Ex parte Joins, 191 U.S. 93 (1903), was a case in which the Supreme Court of the United States held that a request for a writ of prohibition was moot, as the lower court case had already been completed prior to the petition being heard at the Supreme Court.

==Background==
In 1893, Congress created the Dawes Commission to break up the Five Civilized Tribes by allotting individual tribal members sections of land that previously had been held by the tribe. The tribes resisted this process and in 1896 Congress gave the commission the additional power to determine who were tribal members and allot tribal land to these members based on the tribal rolls that the commission prepared. An appeal of the decision of the commission was permitted to the United States district court for the Indian Territory and the court's decision was final.

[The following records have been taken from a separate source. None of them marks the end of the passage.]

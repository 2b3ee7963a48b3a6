//! Operators and delimiters.

ghost use Rattle.std.specs.Prelude.{◌≡◌};
ghost use Rattle.py_lexer.specs.Operators.{sign, kind_or_newline, before_equal, doubled, doubled_before_equal, two_signs, three_signs, operator_or, longest_operator, may_go_on};

use crate::token::Kind;

/// An operator, and how many characters it has.
#[derive(Clone, Copy, Debug, PartialEq, Eq)]
pub struct Operator {
    pub len: usize,
    pub kind: Kind,
}

/// The operator of one character.
pub fn sign(c: char) -> Option<Kind>
    ensures { result ≡ sign c }
{
    match c {
        '(' => Some(Kind::LeftParen),
        ')' => Some(Kind::RightParen),
        '[' => Some(Kind::LeftBracket),
        ']' => Some(Kind::RightBracket),
        '{' => Some(Kind::LeftBrace),
        '}' => Some(Kind::RightBrace),
        ',' => Some(Kind::Comma),
        ':' => Some(Kind::Colon),
        '.' => Some(Kind::Dot),
        ';' => Some(Kind::Semicolon),
        '=' => Some(Kind::Equal),
        '+' => Some(Kind::Plus),
        '-' => Some(Kind::Minus),
        '*' => Some(Kind::Star),
        '/' => Some(Kind::Slash),
        '%' => Some(Kind::Percent),
        '@' => Some(Kind::At),
        '&' => Some(Kind::Ampersand),
        '|' => Some(Kind::Bar),
        '^' => Some(Kind::Caret),
        '~' => Some(Kind::Tilde),
        '<' => Some(Kind::Less),
        '>' => Some(Kind::Greater),
        _ => None,
    }
}

/// The kinds of the operators of one character, by that character, and in the place of none that of a line end.
static SIGNS: [Kind; 128] = [
    Kind::Newline,
    Kind::Newline,
    Kind::Newline,
    Kind::Newline,
    Kind::Newline,
    Kind::Newline,
    Kind::Newline,
    Kind::Newline,
    Kind::Newline,
    Kind::Newline,
    Kind::Newline,
    Kind::Newline,
    Kind::Newline,
    Kind::Newline,
    Kind::Newline,
    Kind::Newline,
    Kind::Newline,
    Kind::Newline,
    Kind::Newline,
    Kind::Newline,
    Kind::Newline,
    Kind::Newline,
    Kind::Newline,
    Kind::Newline,
    Kind::Newline,
    Kind::Newline,
    Kind::Newline,
    Kind::Newline,
    Kind::Newline,
    Kind::Newline,
    Kind::Newline,
    Kind::Newline,
    Kind::Newline,
    Kind::Newline,
    Kind::Newline,
    Kind::Newline,
    Kind::Newline,
    Kind::Percent,
    Kind::Ampersand,
    Kind::Newline,
    Kind::LeftParen,
    Kind::RightParen,
    Kind::Star,
    Kind::Plus,
    Kind::Comma,
    Kind::Minus,
    Kind::Dot,
    Kind::Slash,
    Kind::Newline,
    Kind::Newline,
    Kind::Newline,
    Kind::Newline,
    Kind::Newline,
    Kind::Newline,
    Kind::Newline,
    Kind::Newline,
    Kind::Newline,
    Kind::Newline,
    Kind::Colon,
    Kind::Semicolon,
    Kind::Less,
    Kind::Equal,
    Kind::Greater,
    Kind::Newline,
    Kind::At,
    Kind::Newline,
    Kind::Newline,
    Kind::Newline,
    Kind::Newline,
    Kind::Newline,
    Kind::Newline,
    Kind::Newline,
    Kind::Newline,
    Kind::Newline,
    Kind::Newline,
    Kind::Newline,
    Kind::Newline,
    Kind::Newline,
    Kind::Newline,
    Kind::Newline,
    Kind::Newline,
    Kind::Newline,
    Kind::Newline,
    Kind::Newline,
    Kind::Newline,
    Kind::Newline,
    Kind::Newline,
    Kind::Newline,
    Kind::Newline,
    Kind::Newline,
    Kind::Newline,
    Kind::LeftBracket,
    Kind::Newline,
    Kind::RightBracket,
    Kind::Caret,
    Kind::Newline,
    Kind::Newline,
    Kind::Newline,
    Kind::Newline,
    Kind::Newline,
    Kind::Newline,
    Kind::Newline,
    Kind::Newline,
    Kind::Newline,
    Kind::Newline,
    Kind::Newline,
    Kind::Newline,
    Kind::Newline,
    Kind::Newline,
    Kind::Newline,
    Kind::Newline,
    Kind::Newline,
    Kind::Newline,
    Kind::Newline,
    Kind::Newline,
    Kind::Newline,
    Kind::Newline,
    Kind::Newline,
    Kind::Newline,
    Kind::Newline,
    Kind::Newline,
    Kind::Newline,
    Kind::Newline,
    Kind::LeftBrace,
    Kind::Bar,
    Kind::RightBrace,
    Kind::Tilde,
    Kind::Newline,
];

/// The kind of the operator of one character, or that of a line end where the character is none.
#[inline(always)]
pub fn sign_kind(c: char) -> Kind
    ensures { result ≡ kind_or_newline (sign c) }
{
    if (c as u32) < 128 {
        SIGNS[c as usize]
    } else {
        Kind::Newline
    }
}

/// The operator of this character and `=`.
fn before_equal(c: char) -> Option<Kind>
    ensures { result ≡ before_equal c }
{
    match c {
        '=' => Some(Kind::DoubleEqual),
        '!' => Some(Kind::NotEqual),
        '<' => Some(Kind::LessEqual),
        '>' => Some(Kind::GreaterEqual),
        ':' => Some(Kind::ColonEqual),
        '+' => Some(Kind::PlusEqual),
        '-' => Some(Kind::MinusEqual),
        '*' => Some(Kind::StarEqual),
        '/' => Some(Kind::SlashEqual),
        '%' => Some(Kind::PercentEqual),
        '@' => Some(Kind::AtEqual),
        '&' => Some(Kind::AmpersandEqual),
        '|' => Some(Kind::BarEqual),
        '^' => Some(Kind::CaretEqual),
        _ => None,
    }
}

/// The operator of this character twice.
fn doubled(c: char) -> Option<Kind>
    ensures { result ≡ doubled c }
{
    match c {
        '*' => Some(Kind::DoubleStar),
        '/' => Some(Kind::DoubleSlash),
        '<' => Some(Kind::LeftShift),
        '>' => Some(Kind::RightShift),
        _ => None,
    }
}

/// The operator of this character twice and `=`.
fn doubled_before_equal(c: char) -> Option<Kind>
    ensures { result ≡ doubled_before_equal c }
{
    match c {
        '*' => Some(Kind::DoubleStarEqual),
        '/' => Some(Kind::DoubleSlashEqual),
        '<' => Some(Kind::LeftShiftEqual),
        '>' => Some(Kind::RightShiftEqual),
        _ => None,
    }
}

fn two_signs(a: char, b: char) -> Option<Kind>
    ensures { result ≡ two_signs a b }
{
    if b == '=' {
        before_equal(a)
    } else if a == b {
        doubled(a)
    } else if a == '-' && b == '>' {
        Some(Kind::Arrow)
    } else {
        None
    }
}

fn three_signs(a: char, b: char, c: char) -> Option<Kind>
    ensures { result ≡ three_signs a b c }
{
    if a != b {
        None
    } else if c == '=' {
        doubled_before_equal(a)
    } else if a == '.' && c == '.' {
        Some(Kind::Ellipsis)
    } else {
        None
    }
}

fn operator_or(len: usize, kind: Option<Kind>, other: Option<Operator>) -> Option<Operator>
    ensures { result ≡ operator_or len kind other }
{
    match kind {
        Some(kind) => Some(Operator { len, kind }),
        None => other,
    }
}

/// Whether an operator of several characters may go on with this one.
pub fn may_go_on(second: char) -> bool
    ensures { result ≡ may_go_on second }
{
    matches!(second, '=' | '*' | '/' | '<' | '>' | '.')
}

/// The longest operator or delimiter at the front (Language Reference, 2.5 and 2.6).
///
/// Most are told from longer ones by the character behind them.
pub fn longest_operator(chars: &[char]) -> Option<Operator>
    ensures { result ≡ longest_operator chars.now }
{
    match chars {
        [] => None,
        [a] => operator_or(1, sign(*a), None),
        [a, b] => operator_or(2, two_signs(*a, *b), operator_or(1, sign(*a), None)),
        [a, b, c, ..] => {
            let one = operator_or(1, sign(*a), None);
            if may_go_on(*b) {
                operator_or(
                    3,
                    three_signs(*a, *b, *c),
                    operator_or(2, two_signs(*a, *b), one),
                )
            } else {
                one
            }
        }
    }
}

Both the Choctaw and Chickasaw tribes prepared their own tribal rolls and presented these rolls to the commission. After arguments presented by tribal attorneys, the commission placed 2,075 on the rolls of the Five Civilized Tribes, out of approximately 75,000 applicants. At this point, tribal citizenship appeals moved to the federal courts. By 1902 Congress, in an effort to resolve the situation, created a new court, known as the Choctaw-Chickasaw Citizenship Court to determine the citizenship issues for the tribes. This court was also given the power to hear a bill in equity to vacate the decisions of the district courts, which it immediately did.

One of the claimants, Joins, then filed for a writ of prohibition to stop the Citizenship Court from hearing any cases. The Supreme Court granted certiorari to hear the case.

==Opinion of the Court==
Justice Oliver Wendell Holmes Jr. delivered the opinion of the court. Holmes stated that since the Citizenship Court had already completed its work on the case, a writ of prohibition could not and would not issue. The petition was dismissed.